Task to carry out >> Scan the lines below for "which" and copy the matches.

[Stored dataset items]

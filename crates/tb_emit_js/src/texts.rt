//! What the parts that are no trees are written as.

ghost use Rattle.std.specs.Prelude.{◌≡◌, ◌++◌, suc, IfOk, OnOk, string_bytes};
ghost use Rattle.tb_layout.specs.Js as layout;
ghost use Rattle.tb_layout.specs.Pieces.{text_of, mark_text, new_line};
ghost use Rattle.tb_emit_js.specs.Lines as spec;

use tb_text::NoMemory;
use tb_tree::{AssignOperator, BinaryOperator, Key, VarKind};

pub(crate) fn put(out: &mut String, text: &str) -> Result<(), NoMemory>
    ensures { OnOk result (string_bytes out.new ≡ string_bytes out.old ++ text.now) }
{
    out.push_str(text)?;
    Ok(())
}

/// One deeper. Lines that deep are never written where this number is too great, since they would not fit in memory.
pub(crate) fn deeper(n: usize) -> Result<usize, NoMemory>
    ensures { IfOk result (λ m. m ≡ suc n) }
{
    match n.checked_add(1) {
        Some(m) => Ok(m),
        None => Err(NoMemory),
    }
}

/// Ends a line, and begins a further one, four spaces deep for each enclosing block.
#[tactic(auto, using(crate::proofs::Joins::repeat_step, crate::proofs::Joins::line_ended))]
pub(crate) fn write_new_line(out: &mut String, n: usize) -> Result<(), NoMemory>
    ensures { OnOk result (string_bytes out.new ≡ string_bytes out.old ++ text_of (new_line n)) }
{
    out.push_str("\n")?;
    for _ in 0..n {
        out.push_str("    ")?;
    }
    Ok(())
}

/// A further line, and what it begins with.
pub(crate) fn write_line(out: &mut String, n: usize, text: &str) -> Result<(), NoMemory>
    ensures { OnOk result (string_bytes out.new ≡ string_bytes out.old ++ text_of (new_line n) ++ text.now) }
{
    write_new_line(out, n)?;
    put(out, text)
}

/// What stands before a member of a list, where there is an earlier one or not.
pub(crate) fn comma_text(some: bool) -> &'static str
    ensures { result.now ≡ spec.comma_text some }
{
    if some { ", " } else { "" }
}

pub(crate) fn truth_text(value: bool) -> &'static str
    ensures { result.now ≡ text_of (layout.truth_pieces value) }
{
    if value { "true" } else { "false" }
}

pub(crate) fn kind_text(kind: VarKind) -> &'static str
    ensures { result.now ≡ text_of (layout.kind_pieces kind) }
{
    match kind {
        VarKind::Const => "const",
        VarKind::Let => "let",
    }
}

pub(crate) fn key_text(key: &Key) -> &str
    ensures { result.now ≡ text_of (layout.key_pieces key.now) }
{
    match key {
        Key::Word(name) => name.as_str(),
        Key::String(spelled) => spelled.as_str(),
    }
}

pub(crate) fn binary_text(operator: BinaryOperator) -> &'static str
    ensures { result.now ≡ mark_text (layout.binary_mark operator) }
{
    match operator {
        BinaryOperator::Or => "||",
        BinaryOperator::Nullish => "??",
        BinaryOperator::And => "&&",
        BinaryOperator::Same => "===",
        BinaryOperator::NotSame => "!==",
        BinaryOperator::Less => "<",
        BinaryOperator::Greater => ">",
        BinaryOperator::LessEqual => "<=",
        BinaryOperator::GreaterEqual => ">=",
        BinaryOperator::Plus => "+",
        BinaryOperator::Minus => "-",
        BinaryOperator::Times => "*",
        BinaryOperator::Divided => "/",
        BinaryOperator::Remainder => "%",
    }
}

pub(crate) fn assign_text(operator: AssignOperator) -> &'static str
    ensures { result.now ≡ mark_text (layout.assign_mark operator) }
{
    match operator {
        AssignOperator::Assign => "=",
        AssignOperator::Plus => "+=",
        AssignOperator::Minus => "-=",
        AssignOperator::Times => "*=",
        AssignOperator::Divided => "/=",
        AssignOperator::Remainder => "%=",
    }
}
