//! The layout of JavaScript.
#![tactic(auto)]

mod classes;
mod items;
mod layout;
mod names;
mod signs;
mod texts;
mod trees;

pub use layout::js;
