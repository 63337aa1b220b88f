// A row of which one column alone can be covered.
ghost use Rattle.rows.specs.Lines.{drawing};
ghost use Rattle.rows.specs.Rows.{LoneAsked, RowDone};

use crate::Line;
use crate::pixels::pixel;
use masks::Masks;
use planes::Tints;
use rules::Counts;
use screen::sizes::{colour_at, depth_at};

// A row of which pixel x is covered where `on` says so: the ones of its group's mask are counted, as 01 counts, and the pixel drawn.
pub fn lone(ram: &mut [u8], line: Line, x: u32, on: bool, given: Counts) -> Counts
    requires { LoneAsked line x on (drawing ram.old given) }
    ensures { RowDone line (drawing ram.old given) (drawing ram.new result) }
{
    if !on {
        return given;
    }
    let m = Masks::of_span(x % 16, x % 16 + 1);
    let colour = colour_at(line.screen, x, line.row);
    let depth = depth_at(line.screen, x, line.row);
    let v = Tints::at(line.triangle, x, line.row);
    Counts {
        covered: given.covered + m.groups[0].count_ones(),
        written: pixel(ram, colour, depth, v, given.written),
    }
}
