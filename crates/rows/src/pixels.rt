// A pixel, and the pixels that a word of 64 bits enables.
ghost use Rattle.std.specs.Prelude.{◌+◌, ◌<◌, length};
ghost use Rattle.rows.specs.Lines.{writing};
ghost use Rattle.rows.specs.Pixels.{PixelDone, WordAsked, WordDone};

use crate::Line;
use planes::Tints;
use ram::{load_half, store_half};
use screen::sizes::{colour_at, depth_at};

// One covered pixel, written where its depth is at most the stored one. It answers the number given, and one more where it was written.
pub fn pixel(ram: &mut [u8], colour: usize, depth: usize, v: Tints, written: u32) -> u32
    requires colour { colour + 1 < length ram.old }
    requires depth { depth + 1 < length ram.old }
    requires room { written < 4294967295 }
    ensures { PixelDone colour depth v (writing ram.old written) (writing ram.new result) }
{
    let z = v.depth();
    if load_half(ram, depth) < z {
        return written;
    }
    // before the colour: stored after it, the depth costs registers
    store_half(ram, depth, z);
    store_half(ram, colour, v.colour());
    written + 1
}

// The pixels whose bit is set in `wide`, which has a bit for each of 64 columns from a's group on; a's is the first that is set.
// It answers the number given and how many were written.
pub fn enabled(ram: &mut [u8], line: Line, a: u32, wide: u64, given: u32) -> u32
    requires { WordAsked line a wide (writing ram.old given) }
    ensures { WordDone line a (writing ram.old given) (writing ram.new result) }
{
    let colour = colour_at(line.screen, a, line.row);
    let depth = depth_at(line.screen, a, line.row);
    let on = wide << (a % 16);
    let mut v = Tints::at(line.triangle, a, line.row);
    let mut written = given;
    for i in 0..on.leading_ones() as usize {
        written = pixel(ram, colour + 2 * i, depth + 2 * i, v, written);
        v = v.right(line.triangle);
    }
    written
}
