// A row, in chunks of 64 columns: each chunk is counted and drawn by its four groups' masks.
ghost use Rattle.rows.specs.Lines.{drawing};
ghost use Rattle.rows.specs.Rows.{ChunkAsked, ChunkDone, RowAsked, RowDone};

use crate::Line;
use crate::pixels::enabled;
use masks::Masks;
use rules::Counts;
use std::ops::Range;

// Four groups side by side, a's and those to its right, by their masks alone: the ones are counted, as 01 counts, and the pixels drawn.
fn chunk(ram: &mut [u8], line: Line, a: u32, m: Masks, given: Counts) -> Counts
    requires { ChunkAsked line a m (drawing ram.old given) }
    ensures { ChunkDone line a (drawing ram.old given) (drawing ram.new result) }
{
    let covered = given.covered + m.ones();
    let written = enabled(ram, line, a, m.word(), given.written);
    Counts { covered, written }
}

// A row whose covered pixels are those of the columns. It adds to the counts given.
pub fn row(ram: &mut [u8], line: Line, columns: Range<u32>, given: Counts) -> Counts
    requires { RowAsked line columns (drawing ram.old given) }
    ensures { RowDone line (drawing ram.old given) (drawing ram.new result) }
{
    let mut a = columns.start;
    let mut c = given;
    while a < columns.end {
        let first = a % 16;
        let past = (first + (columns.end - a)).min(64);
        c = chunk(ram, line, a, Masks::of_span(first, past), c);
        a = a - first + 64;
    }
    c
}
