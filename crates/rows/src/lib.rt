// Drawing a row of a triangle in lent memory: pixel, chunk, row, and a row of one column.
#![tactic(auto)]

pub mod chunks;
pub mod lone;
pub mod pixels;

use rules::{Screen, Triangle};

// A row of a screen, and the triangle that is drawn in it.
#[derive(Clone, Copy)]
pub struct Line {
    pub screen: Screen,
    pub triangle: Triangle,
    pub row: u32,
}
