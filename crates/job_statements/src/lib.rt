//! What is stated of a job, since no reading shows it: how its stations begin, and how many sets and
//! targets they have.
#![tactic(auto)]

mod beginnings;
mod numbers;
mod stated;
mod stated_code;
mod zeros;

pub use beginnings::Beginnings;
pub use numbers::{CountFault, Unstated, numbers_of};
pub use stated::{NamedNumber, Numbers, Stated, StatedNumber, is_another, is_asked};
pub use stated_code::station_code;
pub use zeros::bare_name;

The completed task >>
// A row of which one column alone can be covered.
// A row of which pixel x is covered where `on` says so: the ones of its group's mask are counted, as 01 counts, and the pixel drawn.
// The pixels whose bit is set in `wide`, which has a bit for each of 64 columns from a's group on; a's is the first that is set.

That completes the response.